==== INPUT DATA ====

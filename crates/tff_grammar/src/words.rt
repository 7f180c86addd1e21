//! Classifies tokens by their texts.
ghost use Rattle.std.specs.Prelude.{◌≡◌, nat_eq};
ghost use Rattle.std.specs.Cmp.Lexicographic.{pointwise};
ghost use Rattle.tff_grammar.specs.Words.{is_language, is_premise, keyword_of, operation_of, dollar_piece, mark_of, link_of, sign_piece};

use crate::pieces::{
    BasicSort, Junction, Keyword, Link, Operation, Piece, Quantifier, Relation, Sign, Span,
};

/// The text is this word.
fn is(text: &[u8], word: &[u8]) -> bool
    ensures { result ≡ pointwise nat_eq text.now word.now }
{
    text == word
}

/// Another language of the TPTP.
fn is_language(text: &[u8]) -> bool
    ensures { result ≡ is_language text.now }
{
    if is(text, b"thf") {
        return true;
    }
    if is(text, b"tcf") {
        return true;
    }
    if is(text, b"fof") {
        return true;
    }
    if is(text, b"cnf") {
        return true;
    }
    is(text, b"tpi")
}

/// A role of premises.
fn is_premise(text: &[u8]) -> bool
    ensures { result ≡ is_premise text.now }
{
    if is(text, b"axiom") {
        return true;
    }
    if is(text, b"hypothesis") {
        return true;
    }
    if is(text, b"definition") {
        return true;
    }
    if is(text, b"assumption") {
        return true;
    }
    if is(text, b"lemma") {
        return true;
    }
    if is(text, b"theorem") {
        return true;
    }
    if is(text, b"corollary") {
        return true;
    }
    is(text, b"negated_conjecture")
}

/// What a lower word is beside a name.
pub(crate) fn keyword(text: &[u8]) -> Keyword
    ensures { result ≡ keyword_of text.now }
{
    if is(text, b"tff") {
        return Keyword::Tff;
    }
    if is(text, b"include") {
        return Keyword::Include;
    }
    if is(text, b"type") {
        return Keyword::Declaration;
    }
    if is(text, b"conjecture") {
        return Keyword::Conjecture;
    }
    if is_language(text) {
        return Keyword::Language;
    }
    if is_premise(text) {
        Keyword::Premise
    } else {
        Keyword::Other
    }
}

/// The arithmetic word that a dollar word is.
fn operation(text: &[u8]) -> Option<Operation>
    ensures { result ≡ operation_of text.now }
{
    if is(text, b"$sum") {
        return Some(Operation::Sum);
    }
    if is(text, b"$difference") {
        return Some(Operation::Difference);
    }
    if is(text, b"$uminus") {
        return Some(Operation::Uminus);
    }
    if is(text, b"$product") {
        return Some(Operation::Product);
    }
    if is(text, b"$less") {
        return Some(Operation::Less);
    }
    if is(text, b"$lesseq") {
        return Some(Operation::LessEq);
    }
    if is(text, b"$greater") {
        return Some(Operation::Greater);
    }
    if is(text, b"$greatereq") {
        Some(Operation::GreaterEq)
    } else {
        None
    }
}

/// A dollar word as the grammar sees it.
pub(crate) fn dollar(text: &[u8], span: Span) -> Piece
    ensures { result ≡ dollar_piece text.now span }
{
    if is(text, b"$tType") {
        return Piece::OfTypes;
    }
    if is(text, b"$i") {
        return Piece::Basic(BasicSort::Individual);
    }
    if is(text, b"$int") {
        return Piece::Basic(BasicSort::Int);
    }
    if is(text, b"$o") {
        return Piece::Truth;
    }
    if is(text, b"$true") {
        return Piece::Constant(true);
    }
    if is(text, b"$false") {
        return Piece::Constant(false);
    }
    match operation(text) {
        Some(operation) => Piece::Operation(operation, span),
        None => Piece::Unsupported,
    }
}

/// The sign of its own that a text is.
fn mark(text: &[u8]) -> Option<Sign>
    ensures { result ≡ mark_of text.now }
{
    if is(text, b"(") {
        return Some(Sign::OpenRound);
    }
    if is(text, b")") {
        return Some(Sign::CloseRound);
    }
    if is(text, b"[") {
        return Some(Sign::OpenSquare);
    }
    if is(text, b"]") {
        return Some(Sign::CloseSquare);
    }
    if is(text, b",") {
        return Some(Sign::Comma);
    }
    if is(text, b".") {
        return Some(Sign::Dot);
    }
    if is(text, b":") {
        return Some(Sign::Colon);
    }
    if is(text, b"~") {
        return Some(Sign::Not);
    }
    if is(text, b"*") {
        return Some(Sign::Star);
    }
    if is(text, b">") {
        Some(Sign::Arrow)
    } else {
        None
    }
}

/// The sign between two formulas that a text is.
fn link(text: &[u8]) -> Option<Link>
    ensures { result ≡ link_of text.now }
{
    if is(text, b"=>") {
        return Some(Link::Implies);
    }
    if is(text, b"<=") {
        return Some(Link::Implied);
    }
    if is(text, b"<=>") {
        return Some(Link::Iff);
    }
    if is(text, b"<~>") {
        return Some(Link::Xor);
    }
    if is(text, b"~&") {
        return Some(Link::Nand);
    }
    if is(text, b"~|") {
        Some(Link::Nor)
    } else {
        None
    }
}

/// A sign as the grammar sees it.
pub(crate) fn sign(text: &[u8]) -> Piece
    ensures { result ≡ sign_piece text.now }
{
    if let Some(mark) = mark(text) {
        return Piece::Sign(mark);
    }
    if let Some(link) = link(text) {
        return Piece::Link(link);
    }
    if is(text, b"&") {
        return Piece::Junction(Junction::And);
    }
    if is(text, b"|") {
        return Piece::Junction(Junction::Or);
    }
    if is(text, b"!") {
        return Piece::Quantifier(Quantifier::ForAll);
    }
    if is(text, b"?") {
        return Piece::Quantifier(Quantifier::Exists);
    }
    if is(text, b"=") {
        return Piece::Relation(Relation::Equal);
    }
    if is(text, b"!=") {
        Piece::Relation(Relation::Differ)
    } else {
        Piece::Unsupported
    }
}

====

EXERCISE:
Scan the entries for lines with the word "BasicSort". The number of such lines is the whole answer.

WRITTEN RESPONSE:
3